I spent a lit bit time to digest the Jtiasa latest Q result...
Palm oil segment - Revenue RM 130 mil and profit before tax RM 29.3 mil close to my profit estimation RM 30 mil +- 5 mil
Timber segment - Perform better than expected..
Logs revenue RM 76.9 mils and profit RM 18 mil (much better) Wood processing RM 61 mil and lost RM -3.5 mi (est lost but not able determine the number)
After take a closer look at the logs business which much deviate from my estimation with such a strong results.

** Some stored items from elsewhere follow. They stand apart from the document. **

// Instructions of the cores that follow each other while neither core touches the other.
ghost use Rattle.std.specs.Prelude.{◌≡◌, ◌≢◌, ℕ, ◌+◌, ◌-◌, ◌*◌, ◌<◌, ◌≤◌, ◌^◌, Bool, IfNone, IfSome, None, Some, true, false, length};
ghost use Rattle.prem_list.specs.Sequence.{items_of};
ghost use Rattle.prem_gate.specs.declared.bus.CoreWant.{CoreWant};
ghost use Rattle.prem_gate.specs.Stretch.{is_new};
ghost use Rattle.prem_cycle.specs.State.{rule_in};
ghost use Rattle.prem_cycle.specs.Cycle.{is_full, log_size};
ghost use Rattle.prem_machine.specs.Issue.Near.{IsNear};
ghost use Rattle.prem_machine.specs.Log.{put_out};
ghost use Rattle.prem_machine.specs.Parts.{IsSetting, Stands, state_of};
ghost use Rattle.prem_machine.specs.Work.{setup_in};
ghost use Rattle.prem_pair.specs.Cycles.Own.{IsGoing, OwnCycle, OwnRun};
ghost use Rattle.prem_pair.specs.Sides.{Arrives, Goes};

use crate::both::{Both, tick};
use crate::passing::{cycle_behind, next_arrival, pass_with, rest_with};
use crate::side::act;
use crate::token::{holder_after, is_first, is_gates, is_second};
use prem_gate::{CoreWant, Request};
use prem_isa::Change;
use prem_lru::Policy;
use prem_machine::{Mode, Near, Owed, Parts, Setting, issue_plain, owed_for, room_left};
use prem_plant::TaskId;

/// The task that runs in an interval that goes on, and owes no transaction, if there is one.
fn going_task<P: Policy>(parts: &Parts<P>) -> Option<TaskId>
    ensures { IfSome result (λ task. IsGoing task (state_of parts.entry.now)) }
{
    let moment = &parts.moment;
    let Mode::Running { task } = moment.mode else {
        return None;
    };
    if moment.stays() && !parts.core.has_begun() && !parts.core.wants_bus() {
        return Some(task);
    }
    None
}

/// Whether it is to begin a transaction.
fn is_new(want: CoreWant) -> bool
    ensures { result ≡ is_new want }
{
    matches!(want, CoreWant::New)
}

/// The next instruction of a task that owes nothing, where it goes on in its interval: it issues in a cycle of its own.
/// It answers whether the task goes on so behind it. Of any other instruction nothing changes.
#[inline(never)]
fn issue_own<P: Policy>(
    setting: &Setting,
    requests: &[Request],
    parts: &mut Parts<P>,
    task: TaskId,
    near: &mut Near,
) -> Option<bool>
    requires setting { IsSetting setting.now requests.now }
    requires stands { Stands setting.now requests.now parts.old }
    requires goes { Goes (4 * parts.old.now) parts.old }
    requires now { parts.old.now < 2 ^ 61 }
    requires trapped { parts.old.trapped ≡ None }
    requires going { IsGoing task (state_of parts.old) }
    requires paid { parts.old.core.debt.cost ≡ 0 }
    requires room { put_out (items_of parts.old.facts.tasks) < log_size }
    requires intervals { length (items_of parts.old.facts.intervals) < log_size }
    requires near { IsNear parts.old.work.cache near.old.line }
    ensures own { IfSome result (λ more. (holds : Bool)
        → OwnCycle (rule_in (setup_in setting.now)) (setup_in setting.now) holds CoreWant.No (state_of parts.old) (state_of parts.new)) }
    ensures stands { Stands setting.now requests.now parts.new }
    ensures goes { Goes (4 * parts.new.now) parts.new }
    ensures arrives { (t : ℕ) → Arrives t requests.now parts.old → Arrives t requests.now parts.new }
    ensures gates { parts.new.gates ≡ parts.old.gates }
    ensures trapped { parts.new.trapped ≡ None }
    ensures near { IsNear parts.new.work.cache near.new.line }
    ensures more { result ≡ Some true → IsGoing task (state_of parts.new) }
    ensures now { IfSome result (λ more. parts.new.now ≡ parts.old.now + 1) }
    ensures put { put_out (items_of parts.new.facts.tasks) ≤ put_out (items_of parts.old.facts.tasks) + 1 }
    ensures intervals { items_of parts.new.facts.intervals ≡ items_of parts.old.facts.intervals }
    ensures none { IfNone result (parts.new ≡ parts.old) }
{
    let k = usize::from(task);
    let most = u64::MAX;
    let Some(plain) = issue_plain::<P, false>(
        k,
        most,
        setting,
        &mut parts.work,
        near,
        &mut parts.facts,
    ) else {
        return None;
    };
    if plain.hit {
        parts.core.owe(Owed::cost_alone(plain.cost - 1));
        parts.now += 1;
        return Some(true);
    }
    let owed = owed_for(&setting.plant, &plain.touches, plain.cost);
    let interval = parts.moment.interval;
    parts.moment = parts.moment.issued(parts.now, task, interval, Change::Stay);
    parts.core.owe(owed);
    parts.now += 1;
    Some(false)
}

Revenue 76.9 mils with average log average selling price RM 669 which translated to sales of 114,900 cm3 log (Q3'17 logs production 86,234 cm2 logs) sales volume for logs increased by 71 %. With such a strong sales of logs exceed the total production look quite abnormal.. Furthermore there is 30% quote for logs export, this quarter could use up the quote for next export quote and depleting some logs inventory. Some of the logs use for wood processing... With the logs export quote use up for last Q and less production for log for this Q could create a double dip for log business for coming Q unless the log production pick up strong may and june.. Inconsistent of timber business cause it hard to est this business...
Just my observation, could be true or false...spend a little bit time to digest the log business...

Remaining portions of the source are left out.